HOW TO COMPLETE THIS TASK =
Beginning with the line where "V.visits visitor.old o" appears, retype every remaining line of the data below, both the first and last included.

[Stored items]
--------

//! Visitors that can be told of any operator, those on vectors too.

ghost use Rattle.std.specs.Prelude.{◌≡◌, false, IfOk, IfErr};
ghost use Rattle.wasm_types.specs.reader.Reading.{NeedsNoMemory};
ghost use Rattle.wasm_operators_enums.specs.Op.{Op, op_of};
ghost use Rattle.wasm_operators_decode.specs.Memory.{keeps_list_at};
ghost use Rattle.wasm_operators_reader.specs.Standing.{Refuses, WantsMemory};
ghost use Rattle.wasm_operators_reader.specs.Visiting.{Visits};
ghost use Rattle.wasm_operators_reader.specs.walks.InFrame.{ReadsIn, RefusesIn};

use crate::walks::read_operators::read_in_frame;
use crate::{FrameStack, Operator, OperatorsReader, Visitor};
use std::alloc::Global;
use wasm_types::{BinaryReader, Result};

/// Can be told of any operator, those on vectors too. A type that has all visits may tell itself group by group, as for `TellOperator`: `visit_simd` and `visit_simd_numeric` are those of vectors.
pub trait TellSimdOperator<'a>: Visitor<'a> {
    /// Tells it of this operator, and hands the operator over.
    fn tell_simd(&mut self, op: Operator<'a>) -> Self::Output
        ensures { Self.visits self.old (op_of op.entry) result self.new };
}

/// Reads the next operator, as `OperatorsReader::read` does, and tells the visitor of it, also where it is one on vectors.
///
/// # Errors
///
/// As `OperatorsReader::read`. The reader stays as it was, and the visitor is told nothing.
pub fn tell_operator_simd<'a, V: TellSimdOperator<'a>>(
    operators: &mut OperatorsReader<'a>,
    visitor: &mut V,
) -> Result<V::Output>
    ensures visited { IfOk result (λ answer. Visits V.visits operators.old visitor.old answer
        operators.new visitor.new) }
    ensures refused { IfErr result (λ e. Refuses operators.old e × (operators.new ≡ operators.old)) }
    ensures told { IfErr result (λ _. visitor.new ≡ visitor.old) }
    ensures no_memory { (WantsMemory operators.old → ⊥) → NeedsNoMemory result }
{
    let op = match operators.read() {
        Ok(op) => op,
        Err(error) => return Err(error),
    };
    Ok(visitor.tell_simd(op))
}

/// The same of a reader of bytes, where the visitor knows which frames are open. With none open nothing is read: that is refused before
/// a byte is read.
///
/// # Errors
///
/// As `ReadOperators::peek_operator`. The reader stays as it was, and the visitor is told nothing.
pub fn tell_operator_in_frame_simd<'a, V: TellSimdOperator<'a> + FrameStack>(
    alloc: Global,
    reader: &mut BinaryReader<'a>,
    visitor: &mut V,
) -> Result<V::Output>
    ensures visited { IfOk result (λ answer. (o : Op) × ReadsIn (V.frame visitor.old) reader.old o reader.new
        × V.visits visitor.old o answer visitor.new) }
    ensures refused { IfErr result (λ e. RefusesIn (V.frame visitor.old) reader.old e × (reader.new ≡ reader.old)) }
    ensures told { IfErr result (λ _. visitor.new ≡ visitor.old) }
    ensures no_memory { keeps_list_at reader.old ≡ false → NeedsNoMemory result }
{
    let op = match read_in_frame(alloc, visitor.current_frame(), reader) {
        Ok(op) => op,
        Err(error) => return Err(error),
    };
    Ok(visitor.tell_simd(op))
}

--------

RESULT FOR THIS TASK =
        × V.visits visitor.old o answer visitor.new) }
    ensures refused { IfErr result (λ e. RefusesIn (V.frame visitor.old) reader.old e × (reader.new ≡ reader.old)) }
    ensures told { IfErr result (λ _. visitor.new ≡ visitor.old) }
    ensures no_memory { keeps_list_at reader.old ≡ false → NeedsNoMemory result }
{
    let op = match read_in_frame(alloc, visitor.current_frame(), reader) {
        Ok(op) => op,
        Err(error) => return Err(error),
    };
    Ok(visitor.tell_simd(op))
}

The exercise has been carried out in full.